Se ci concentriamo solo sulla sanità che differenza c’è tra il mastellismo e il formigonismo-ciellinismo? La differenza è che il primo sta ancora sgomitando per conquistare dei posti al sole mentre il secondo ha conquistato tutti i posti con metodo scientifico e totalitario e domina con serena noncuranza forte anche di quella sciagurata sentenza lombarda di circa dieci anni fa che decise che la lottizzazione politica nella sanità è lecita.

La differenza è che in Lombardia la lottizzazione è partitica e non tribal–familista; è abbastanza alla luce del sole e non giocata, caso per caso, con impropri do ut des; e le scelte sono, in genere, decenti. Ma riconosciute queste differenze, che non sono da poco, tuttavia la malattia è comune.
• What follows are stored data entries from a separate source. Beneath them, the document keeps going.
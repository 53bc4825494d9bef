//! The lines of a script, read to the end of a source.
ghost use Rattle.std.specs.Prelude.{◌≡◌, ◌++◌, ◌∷◌, [], IfOk, IfSome};
ghost use Rattle.std.specs.List.{All};
ghost use Rattle.edge_lines.specs.TextLines.{text_lines};
ghost use Rattle.script_text.specs.Scripts.{IsValidLine};
ghost use Rattle.script_program.specs.Scripts.{line_at, ReadsAs, ReadCounts};
ghost use Rattle.script_program.specs.Pushed.{Pushes, AreValid};

use edge_lines::{LineRead, read_line};
use edge_links::Source;
use resp_value::NoMemory;
use script_text::{LONGEST_LINE, ScriptLine, read_script_line};
use std::alloc::Global;

/// How many lines a script may have.
pub const MOST_LINES: u64 = 100_000;

/// What a script was read as.
#[derive(Drop)]
pub enum ScriptRead {
    /// All lines of the source, in order.
    Lines(Vec<ScriptLine>),
    /// The first line outside the grammar.
    BadLine(u64),
    Failed,
    NoMemory,
}

fn numbered_line(alloc: Global, number: u64, line: &[u8]) -> Result<Option<ScriptLine>, NoMemory>
    ensures { IfOk result (λ o. o ≡ line_at number line.now) }
{
    if number > MOST_LINES {
        return Ok(None);
    }
    read_script_line(alloc, line)
}

// Adds the line of that number, or says why it can't be.
fn push_line(
    alloc: Global,
    number: u64,
    text: &[u8],
    lines: &mut Vec<ScriptLine>,
) -> Option<ScriptRead>
    ensures { Pushes result number text.now lines.old.items lines.new.items }
{
    match numbered_line(alloc, number, text) {
        Ok(Some(line)) => match lines.push(line) {
            Ok(()) => None,
            Err(_) => Some(ScriptRead::NoMemory),
        },
        Ok(None) => Some(ScriptRead::BadLine(number)),
        Err(NoMemory) => Some(ScriptRead::NoMemory),
    }
}

/// Reads a script to the end of its source, or to the first line outside the grammar.
pub fn read_script<S: Source>(alloc: Global, input: &mut S) -> ScriptRead
    ensures reads { IfSome (S.left input.old) (λ text. ReadsAs result (text_lines text)) }
    ensures valid { AreValid result }
    ensures counts { ReadCounts result (S.counts input.old) (S.counts input.new) }
{
    let mut lines = Vec::new(alloc);
    for number in 1..MOST_LINES + 2 {
        match read_line(alloc, input, LONGEST_LINE) {
            LineRead::Line(text) => match push_line(alloc, number, text.as_slice(), &mut lines) {
                Some(read) => return read,
                None => {}
            },
            LineRead::Last(text) => {
                return match push_line(alloc, number, text.as_slice(), &mut lines) {
                    Some(read) => read,
                    None => ScriptRead::Lines(lines),
                };
            }
            LineRead::End => return ScriptRead::Lines(lines),
            LineRead::TooLong => return ScriptRead::BadLine(number),
            LineRead::Failed => return ScriptRead::Failed,
            LineRead::NoMemory => return ScriptRead::NoMemory,
        }
    }
    unreachable!()
}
Sino a quando le nomine nella sanità non saranno ricondotte ad un metodo che è loro proprio in tutto il mondo evoluto, e cioè basate esclusivamente sulla professionalità, accertata per titoli ed esami, e saranno politiche esse daranno sempre vita ad abusi.

Forse non è un caso ed ha qualcosa a che fare con il “mastellismo” e con il “bassolinismo” che in Campania la sanità è una delle peggiori d’Italia, come sanno i suoi sventurati cittadini che formano il più robusto filone di turisti della salute.

La crisi del mastellismo potrebbe essere, insomma, un’ottima occasione per iniziare ad affrontare seriamente alcune degenerazioni di fondo delle quali il “mastellismo” è solo una manifestazione tra le più folkloristiche e appariscenti. Mastella, da appassionato di calcio, ci ha servito un formidabile assist. Gli dovremmo essere grati e cercare di non perdere la preziosa opportunità che ci ha fornito di ripensare alcune cose importanti per il nostro futuro. Prima che sia troppo tardi.